Collected data entries
○ ○ ○ ○

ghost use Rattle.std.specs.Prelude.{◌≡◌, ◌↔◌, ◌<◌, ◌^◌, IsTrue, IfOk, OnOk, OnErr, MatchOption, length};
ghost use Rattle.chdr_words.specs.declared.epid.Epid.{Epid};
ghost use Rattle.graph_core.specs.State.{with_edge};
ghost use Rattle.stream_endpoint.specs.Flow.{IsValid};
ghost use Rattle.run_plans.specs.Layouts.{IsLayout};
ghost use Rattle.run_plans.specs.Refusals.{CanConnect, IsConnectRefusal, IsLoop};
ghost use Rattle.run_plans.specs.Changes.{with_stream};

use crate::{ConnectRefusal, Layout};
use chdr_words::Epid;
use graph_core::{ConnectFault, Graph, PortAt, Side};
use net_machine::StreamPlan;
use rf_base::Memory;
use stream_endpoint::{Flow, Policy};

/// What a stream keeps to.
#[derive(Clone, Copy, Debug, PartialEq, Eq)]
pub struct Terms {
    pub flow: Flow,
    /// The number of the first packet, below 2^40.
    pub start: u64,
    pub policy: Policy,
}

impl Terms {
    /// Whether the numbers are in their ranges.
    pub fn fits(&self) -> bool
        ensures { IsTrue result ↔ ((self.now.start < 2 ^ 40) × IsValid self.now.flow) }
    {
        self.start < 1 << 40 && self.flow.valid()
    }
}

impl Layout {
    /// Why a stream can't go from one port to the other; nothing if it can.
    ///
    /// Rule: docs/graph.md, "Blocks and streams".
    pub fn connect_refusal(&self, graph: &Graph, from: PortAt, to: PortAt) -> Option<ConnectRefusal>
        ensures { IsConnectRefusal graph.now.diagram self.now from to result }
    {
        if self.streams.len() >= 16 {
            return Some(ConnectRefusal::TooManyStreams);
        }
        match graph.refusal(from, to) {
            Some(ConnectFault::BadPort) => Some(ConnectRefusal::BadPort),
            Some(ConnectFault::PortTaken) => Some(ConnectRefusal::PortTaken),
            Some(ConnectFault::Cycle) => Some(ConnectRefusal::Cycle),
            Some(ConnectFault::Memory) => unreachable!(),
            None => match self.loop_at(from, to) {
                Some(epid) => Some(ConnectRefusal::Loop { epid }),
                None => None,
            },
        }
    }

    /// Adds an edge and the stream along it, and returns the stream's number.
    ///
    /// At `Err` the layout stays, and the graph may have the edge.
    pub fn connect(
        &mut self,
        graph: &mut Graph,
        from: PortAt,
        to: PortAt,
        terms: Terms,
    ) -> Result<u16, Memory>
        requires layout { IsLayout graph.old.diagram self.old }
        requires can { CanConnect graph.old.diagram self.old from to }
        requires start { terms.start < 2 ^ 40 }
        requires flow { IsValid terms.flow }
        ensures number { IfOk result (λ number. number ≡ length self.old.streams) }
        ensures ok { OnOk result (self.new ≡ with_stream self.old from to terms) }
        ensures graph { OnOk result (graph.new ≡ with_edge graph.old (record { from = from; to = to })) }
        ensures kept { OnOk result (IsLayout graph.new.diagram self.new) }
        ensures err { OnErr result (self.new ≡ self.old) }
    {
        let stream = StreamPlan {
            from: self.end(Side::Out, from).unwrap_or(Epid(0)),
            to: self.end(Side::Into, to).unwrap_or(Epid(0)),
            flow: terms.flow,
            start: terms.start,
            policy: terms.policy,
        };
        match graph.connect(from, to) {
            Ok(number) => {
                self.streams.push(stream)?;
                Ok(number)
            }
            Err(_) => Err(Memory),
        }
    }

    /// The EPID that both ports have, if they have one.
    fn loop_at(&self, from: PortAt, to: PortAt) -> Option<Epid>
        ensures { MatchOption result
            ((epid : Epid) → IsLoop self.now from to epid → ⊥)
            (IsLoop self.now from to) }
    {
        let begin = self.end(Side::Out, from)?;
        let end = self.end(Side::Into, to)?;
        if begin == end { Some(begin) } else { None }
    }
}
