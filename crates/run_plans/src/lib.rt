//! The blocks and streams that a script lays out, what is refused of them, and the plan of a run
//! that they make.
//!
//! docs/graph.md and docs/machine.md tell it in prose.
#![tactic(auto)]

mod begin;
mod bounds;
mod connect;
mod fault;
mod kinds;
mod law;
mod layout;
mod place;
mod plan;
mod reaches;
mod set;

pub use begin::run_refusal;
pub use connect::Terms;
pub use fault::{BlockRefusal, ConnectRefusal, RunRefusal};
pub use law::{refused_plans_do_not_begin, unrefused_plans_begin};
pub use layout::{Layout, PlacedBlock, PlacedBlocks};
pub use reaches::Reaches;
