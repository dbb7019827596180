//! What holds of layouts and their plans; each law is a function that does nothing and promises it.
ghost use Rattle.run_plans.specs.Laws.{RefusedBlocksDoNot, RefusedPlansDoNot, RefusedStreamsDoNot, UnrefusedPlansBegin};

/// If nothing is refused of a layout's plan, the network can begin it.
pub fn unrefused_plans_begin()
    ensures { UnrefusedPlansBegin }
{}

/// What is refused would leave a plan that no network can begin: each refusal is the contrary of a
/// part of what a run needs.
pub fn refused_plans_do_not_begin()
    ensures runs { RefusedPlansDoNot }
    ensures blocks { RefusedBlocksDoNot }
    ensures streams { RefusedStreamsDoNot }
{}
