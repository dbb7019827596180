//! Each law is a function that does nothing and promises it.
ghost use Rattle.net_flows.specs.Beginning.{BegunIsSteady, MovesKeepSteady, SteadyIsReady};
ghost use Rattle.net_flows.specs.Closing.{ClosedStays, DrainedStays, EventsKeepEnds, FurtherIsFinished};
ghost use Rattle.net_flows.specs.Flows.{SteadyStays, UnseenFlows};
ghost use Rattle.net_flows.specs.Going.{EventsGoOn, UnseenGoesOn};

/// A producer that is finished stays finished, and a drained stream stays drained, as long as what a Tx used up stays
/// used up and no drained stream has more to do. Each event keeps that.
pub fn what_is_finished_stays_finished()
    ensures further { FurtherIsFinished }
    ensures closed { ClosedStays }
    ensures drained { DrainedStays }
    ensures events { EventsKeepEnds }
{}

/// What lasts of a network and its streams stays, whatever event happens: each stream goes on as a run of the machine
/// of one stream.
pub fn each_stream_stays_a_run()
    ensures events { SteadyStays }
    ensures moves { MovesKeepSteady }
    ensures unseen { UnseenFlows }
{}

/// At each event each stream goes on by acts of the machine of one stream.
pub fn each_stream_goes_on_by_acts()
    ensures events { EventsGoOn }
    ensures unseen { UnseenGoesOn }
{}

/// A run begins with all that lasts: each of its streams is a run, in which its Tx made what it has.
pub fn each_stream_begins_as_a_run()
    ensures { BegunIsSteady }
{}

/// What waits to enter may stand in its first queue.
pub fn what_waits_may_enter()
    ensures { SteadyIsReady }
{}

○ ○ ○ ○

The lines from the start of the entries above through the line containing "Some(epid) => Some(ConnectRefusal::Loop" are the ones to return, please; copy them exactly and include both ends.

▶ [Answer section]
ghost use Rattle.std.specs.Prelude.{◌≡◌, ◌↔◌, ◌<◌, ◌^◌, IsTrue, IfOk, OnOk, OnErr, MatchOption, length};
ghost use Rattle.chdr_words.specs.declared.epid.Epid.{Epid};
ghost use Rattle.graph_core.specs.State.{with_edge};
ghost use Rattle.stream_endpoint.specs.Flow.{IsValid};
ghost use Rattle.run_plans.specs.Layouts.{IsLayout};
ghost use Rattle.run_plans.specs.Refusals.{CanConnect, IsConnectRefusal, IsLoop};
ghost use Rattle.run_plans.specs.Changes.{with_stream};

use crate::{ConnectRefusal, Layout};
use chdr_words::Epid;
use graph_core::{ConnectFault, Graph, PortAt, Side};
use net_machine::StreamPlan;
use rf_base::Memory;
use stream_endpoint::{Flow, Policy};

/// What a stream keeps to.
#[derive(Clone, Copy, Debug, PartialEq, Eq)]
pub struct Terms {
    pub flow: Flow,
    /// The number of the first packet, below 2^40.
    pub start: u64,
    pub policy: Policy,
}

impl Terms {
    /// Whether the numbers are in their ranges.
    pub fn fits(&self) -> bool
        ensures { IsTrue result ↔ ((self.now.start < 2 ^ 40) × IsValid self.now.flow) }
    {
        self.start < 1 << 40 && self.flow.valid()
    }
}

impl Layout {
    /// Why a stream can't go from one port to the other; nothing if it can.
    ///
    /// Rule: docs/graph.md, "Blocks and streams".
    pub fn connect_refusal(&self, graph: &Graph, from: PortAt, to: PortAt) -> Option<ConnectRefusal>
        ensures { IsConnectRefusal graph.now.diagram self.now from to result }
    {
        if self.streams.len() >= 16 {
            return Some(ConnectRefusal::TooManyStreams);
        }
        match graph.refusal(from, to) {
            Some(ConnectFault::BadPort) => Some(ConnectRefusal::BadPort),
            Some(ConnectFault::PortTaken) => Some(ConnectRefusal::PortTaken),
            Some(ConnectFault::Cycle) => Some(ConnectRefusal::Cycle),
            Some(ConnectFault::Memory) => unreachable!(),
            None => match self.loop_at(from, to) {
                Some(epid) => Some(ConnectRefusal::Loop { epid }),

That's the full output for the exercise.